Saved entries:
Start of Block

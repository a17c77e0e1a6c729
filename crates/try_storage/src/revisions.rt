//! Revisions with their documents, sought with their steps.

ghost use Rattle.std.specs.Prelude.{◌≡◌, IfOk};
ghost use Rattle.ep_revs.specs.Revisions.{last_doc};

use ep_apply::{Doc, apply, fits};
use ep_cs::Change;
use ep_revs::{Rev, Revs, Steps, copies_of};
use ep_units::{NoMemory, Session, Units};
use std::alloc::Global;
use std::marker::Brand;
use std::sync::ledger::{Blank, Ledger};
use std::test::Fail;

/// One more revision, which alters nothing.
fn lengthen(alloc: Global, revs: &mut Revs, doc: &Doc) -> Result<Doc, NoMemory>
    requires { doc.now ≡ last_doc revs.old.revs }
    ensures { IfOk result (λ after. after ≡ last_doc revs.new.revs) }
{
    let change = Change::identity(alloc, doc.len());
    if fits(doc, &change).is_err() {
        return Err(NoMemory);
    }
    revs.reserve_two()?;
    let after = apply(alloc, doc, &change)?;
    let kept = after.copy(alloc)?;
    revs.push(
        Rev {
            change,
            author: Units::new(alloc),
            session: Session { epoch: 0, count: 0 },
            time: 7,
        },
        kept,
    );
    Ok(after)
}

/// So many revisions, each of which alters nothing.
fn revisions(alloc: Global, n: u32) -> Result<Revs, NoMemory> {
    let mut revs = Revs::new(alloc);
    let mut doc = Doc::newline(alloc)?;
    for _ in 0..n {
        doc = lengthen(alloc, &mut revs, &doc)?;
    }
    Ok(revs)
}

/// The steps that it takes to a revision, where that is there.
fn counted<L: Ledger>(
    alloc: Global,
    revs: &Revs,
    r: u64,
    blank: Blank,
) -> Result<Option<u64>, NoMemory>
    requires name { blank.name ≡ L.name }
    requires parts { blank.parts ≡ L.parts }
    requires one { blank.parts ≡ 1 }
{
    match revs.head() {
        Some(head) if r <= head => {
            let mut steps = Steps::<L>::new(blank);
            revs.seek(alloc, r, &mut steps)?;
            Ok(Some(steps.count()))
        }
        _ => Ok(None),
    }
}

/// The same, in a ledger of its own.
fn steps(alloc: Global, revs: &Revs, r: u64) -> Result<Option<u64>, NoMemory> {
    counted::<Brand>(alloc, revs, r, Blank::new(1))
}

/// How long the document of a revision is, where that is there.
fn length_at(alloc: Global, revs: &Revs, r: u64) -> Result<Option<u32>, NoMemory> {
    match revs.head() {
        Some(head) if r <= head => {
            let doc = revs.doc(alloc, r)?;
            Ok(Some(doc.len()))
        }
        _ => Ok(None),
    }
}

/// How many revisions there are behind the first, and the time of the next.
fn behind_the_first(alloc: Global, revs: &Revs) -> Result<Option<(usize, u64)>, NoMemory> {
    match revs.head() {
        Some(head) if 1 <= head => {
            let copies = copies_of(alloc, revs.since(0))?;
            Ok(Some((copies.len(), revs.rev(1).time)))
        }
        _ => Ok(None),
    }
}

#[test]
fn sought_from_the_frame_below(rt: HostRuntime) -> Result<(), Fail> {
    let alloc = rt.alloc();
    let revs = revisions(alloc, 251)?;
    assert_eq!(rt; revs.head(), Some(250));
    for (r, wanted) in [(0, 0), (50, 50), (99, 99), (100, 0), (199, 99), (250, 50)] {
        assert_eq!(rt; steps(alloc, &revs, r)?, Some(wanted), "at {r}");
    }
    Ok(())
}

#[test]
fn read_behind_the_head(rt: HostRuntime) -> Result<(), Fail> {
    let alloc = rt.alloc();
    let revs = revisions(alloc, 131)?;
    assert_eq!(rt; revs.head(), Some(130));
    for r in [128, 101, 7] {
        assert_eq!(rt; length_at(alloc, &revs, r)?, Some(1), "at {r}");
    }
    Ok(())
}

#[test]
fn read_with_ample_memory(rt: HostRuntime) -> Result<(), Fail> {
    let alloc = rt.alloc();
    let revs = revisions(alloc, 3)?;
    assert_eq!(rt; revs.head(), Some(2));
    for r in [2, 1] {
        assert_eq!(rt; length_at(alloc, &revs, r)?, Some(1), "at {r}");
    }
    assert_eq!(rt; behind_the_first(alloc, &revs)?, Some((2, 7)));
    Ok(())
}
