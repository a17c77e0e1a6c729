//! The edits of lines.

ghost use Rattle.std.specs.Prelude.{◌≡◌, IfOk, IfSome};
ghost use Rattle.std.specs.Option.{option_copied};
ghost use Rattle.ep_script.specs.Edits.{insert, delete, format};
ghost use Rattle.ep_script.specs.Seen.{EditTexts};

use crate::fields::{read_place, read_text, read_value};
use crate::words::cut;
use ep_event::Local;
use ep_units::NoMemory;
use std::alloc::Global;

/// What stands behind `insert`.
pub(crate) fn read_insert(alloc: Global, rest: Option<&str>) -> Result<Option<Local>, NoMemory>
    ensures edit { IfOk result (λ o. o ≡ insert (option_copied rest.entry)) }
    ensures texts { IfOk result (λ o. IfSome o EditTexts) }
{
    let (at, text) = cut(rest);
    let Some(at) = read_place(at) else {
        return Ok(None);
    };
    let Some(text) = read_text(alloc, text)? else {
        return Ok(None);
    };
    Ok(Some(Local::Insert { at, text }))
}

/// What stands behind `delete`.
pub(crate) fn read_delete(rest: Option<&str>) -> Option<Local>
    ensures edit { result ≡ delete (option_copied rest.entry) }
    ensures texts { IfSome result EditTexts }
{
    let (at, units) = cut(rest);
    let at = read_place(at)?;
    let units = read_place(units)?;
    Some(Local::Delete { at, units })
}

/// What stands behind `format`.
pub(crate) fn read_format(alloc: Global, rest: Option<&str>) -> Result<Option<Local>, NoMemory>
    ensures edit { IfOk result (λ o. o ≡ format (option_copied rest.entry)) }
    ensures texts { IfOk result (λ o. IfSome o EditTexts) }
{
    let (at, rest) = cut(rest);
    let (units, rest) = cut(rest);
    let (key, value) = cut(rest);
    let Some(at) = read_place(at) else {
        return Ok(None);
    };
    let Some(units) = read_place(units) else {
        return Ok(None);
    };
    let Some(key) = read_text(alloc, key)? else {
        return Ok(None);
    };
    let Some(value) = read_value(alloc, value)? else {
        return Ok(None);
    };
    Ok(Some(Local::Format {
        at,
        units,
        key,
        value,
    }))
}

End of Block

• [Your goal]: Write the records above out again, exactly as they are.

• [Your solution]:
repository a17c77e0e1a6c729
filename crates/try_storage/src/revisions.rt
//! Revisions with their documents, sought with their steps.

ghost use Rattle.std.specs.Prelude.{◌≡◌, IfOk};
ghost use Rattle.ep_revs.specs.Revisions.{last_doc};

use ep_apply::{Doc, apply, fits};
use ep_cs::Change;
use ep_revs::{Rev, Revs, Steps, copies_of};
use ep_units::{NoMemory, Session, Units};
use std::alloc::Global;
use std::marker::Brand;
use std::sync::ledger::{Blank, Ledger};
use std::test::Fail;

/// One more revision, which alters nothing.
fn lengthen(alloc: Global, revs: &mut Revs, doc: &Doc) -> Result<Doc, NoMemory>
    requires { doc.now ≡ last_doc revs.old.revs }
    ensures { IfOk result (λ after. after ≡ last_doc revs.new.revs) }
{
    let change = Change::identity(alloc, doc.len());
    if fits(doc, &change).is_err() {
        return Err(NoMemory);
    }
    revs.reserve_two()?;
    let after = apply(alloc, doc, &change)?;
    let kept = after.copy(alloc)?;
    revs.push(
        Rev {
            change,
            author: Units::new(alloc),
            session: Session { epoch: 0, count: 0 },
            time: 7,
        },
        kept,
    );
    Ok(after)
}

/// So many revisions, each of which alters nothing.
fn revisions(alloc: Global, n: u32) -> Result<Revs, NoMemory> {
    let mut revs = Revs::new(alloc);
    let mut doc = Doc::newline(alloc)?;
    for _ in 0..n {
        doc = lengthen(alloc, &mut revs, &doc)?;
    }
    Ok(revs)
}

/// The steps that it takes to a revision, where that is there.
fn counted<L: Ledger>(
    alloc: Global,
    revs: &Revs,
    r: u64,
    blank: Blank,
) -> Result<Option<u64>, NoMemory>
    requires name { blank.name ≡ L.name }
    requires parts { blank.parts ≡ L.parts }
    requires one { blank.parts ≡ 1 }
{
    match revs.head() {
        Some(head) if r <= head => {
            let mut steps = Steps::<L>::new(blank);
            revs.seek(alloc, r, &mut steps)?;
            Ok(Some(steps.count()))
        }
        _ => Ok(None),
    }
}

/// The same, in a ledger of its own.
fn steps(alloc: Global, revs: &Revs, r: u64) -> Result<Option<u64>, NoMemory> {
    counted::<Brand>(alloc, revs, r, Blank::new(1))
}

/// How long the document of a revision is, where that is there.
fn length_at(alloc: Global, revs: &Revs, r: u64) -> Result<Option<u32>, NoMemory> {
    match revs.head() {
        Some(head) if r <= head => {
            let doc = revs.doc(alloc, r)?;
            Ok(Some(doc.len()))
        }
        _ => Ok(None),
    }
}

/// How many revisions there are behind the first, and the time of the next.
fn behind_the_first(alloc: Global, revs: &Revs) -> Result<Option<(usize, u64)>, NoMemory> {
    match revs.head() {
        Some(head) if 1 <= head => {
            let copies = copies_of(alloc, revs.since(0))?;
            Ok(Some((copies.len(), revs.rev(1).time)))
        }
        _ => Ok(None),
    }
}

#[test]
fn sought_from_the_frame_below(rt: HostRuntime) -> Result<(), Fail> {
    let alloc = rt.alloc();
    let revs = revisions(alloc, 251)?;
    assert_eq!(rt; revs.head(), Some(250));
    for (r, wanted) in [(0, 0), (50, 50), (99, 99), (100, 0), (199, 99), (250, 50)] {
        assert_eq!(rt; steps(alloc, &revs, r)?, Some(wanted), "at {r}");
    }
    Ok(())
}

#[test]
fn read_behind_the_head(rt: HostRuntime) -> Result<(), Fail> {
    let alloc = rt.alloc();
    let revs = revisions(alloc, 131)?;
    assert_eq!(rt; revs.head(), Some(130));
    for r in [128, 101, 7] {
        assert_eq!(rt; length_at(alloc, &revs, r)?, Some(1), "at {r}");
    }
    Ok(())
}

#[test]
fn read_with_ample_memory(rt: HostRuntime) -> Result<(), Fail> {
    let alloc = rt.alloc();
    let revs = revisions(alloc, 3)?;
    assert_eq!(rt; revs.head(), Some(2));
    for r in [2, 1] {
        assert_eq!(rt; length_at(alloc, &revs, r)?, Some(1), "at {r}");
    }
    assert_eq!(rt; behind_the_first(alloc, &revs)?, Some((2, 7)));
    Ok(())
}
repository a17c77e0e1a6c729
//! The edits of lines.

ghost use Rattle.std.specs.Prelude.{◌≡◌, IfOk, IfSome};
ghost use Rattle.std.specs.Option.{option_copied};
ghost use Rattle.ep_script.specs.Edits.{insert, delete, format};
ghost use Rattle.ep_script.specs.Seen.{EditTexts};

use crate::fields::{read_place, read_text, read_value};
use crate::words::cut;
use ep_event::Local;
use ep_units::NoMemory;
use std::alloc::Global;

/// What stands behind `insert`.
pub(crate) fn read_insert(alloc: Global, rest: Option<&str>) -> Result<Option<Local>, NoMemory>
    ensures edit { IfOk result (λ o. o ≡ insert (option_copied rest.entry)) }
    ensures texts { IfOk result (λ o. IfSome o EditTexts) }
{
    let (at, text) = cut(rest);
    let Some(at) = read_place(at) else {
        return Ok(None);
    };
    let Some(text) = read_text(alloc, text)? else {
        return Ok(None);
    };
    Ok(Some(Local::Insert { at, text }))
}

/// What stands behind `delete`.
pub(crate) fn read_delete(rest: Option<&str>) -> Option<Local>
    ensures edit { result ≡ delete (option_copied rest.entry) }
    ensures texts { IfSome result EditTexts }
{
    let (at, units) = cut(rest);
    let at = read_place(at)?;
    let units = read_place(units)?;
    Some(Local::Delete { at, units })
}

/// What stands behind `format`.
pub(crate) fn read_format(alloc: Global, rest: Option<&str>) -> Result<Option<Local>, NoMemory>
    ensures edit { IfOk result (λ o. o ≡ format (option_copied rest.entry)) }
    ensures texts { IfOk result (λ o. IfSome o EditTexts) }
{
    let (at, rest) = cut(rest);
    let (units, rest) = cut(rest);
    let (key, value) = cut(rest);
    let Some(at) = read_place(at) else {
        return Ok(None);
    };
    let Some(units) = read_place(units) else {
        return Ok(None);
    };
    let Some(key) = read_text(alloc, key)? else {
        return Ok(None);
    };
    let Some(value) = read_value(alloc, value)? else {
        return Ok(None);
    };
    Ok(Some(Local::Format {
        at,
        units,
        key,
        value,
    }))
}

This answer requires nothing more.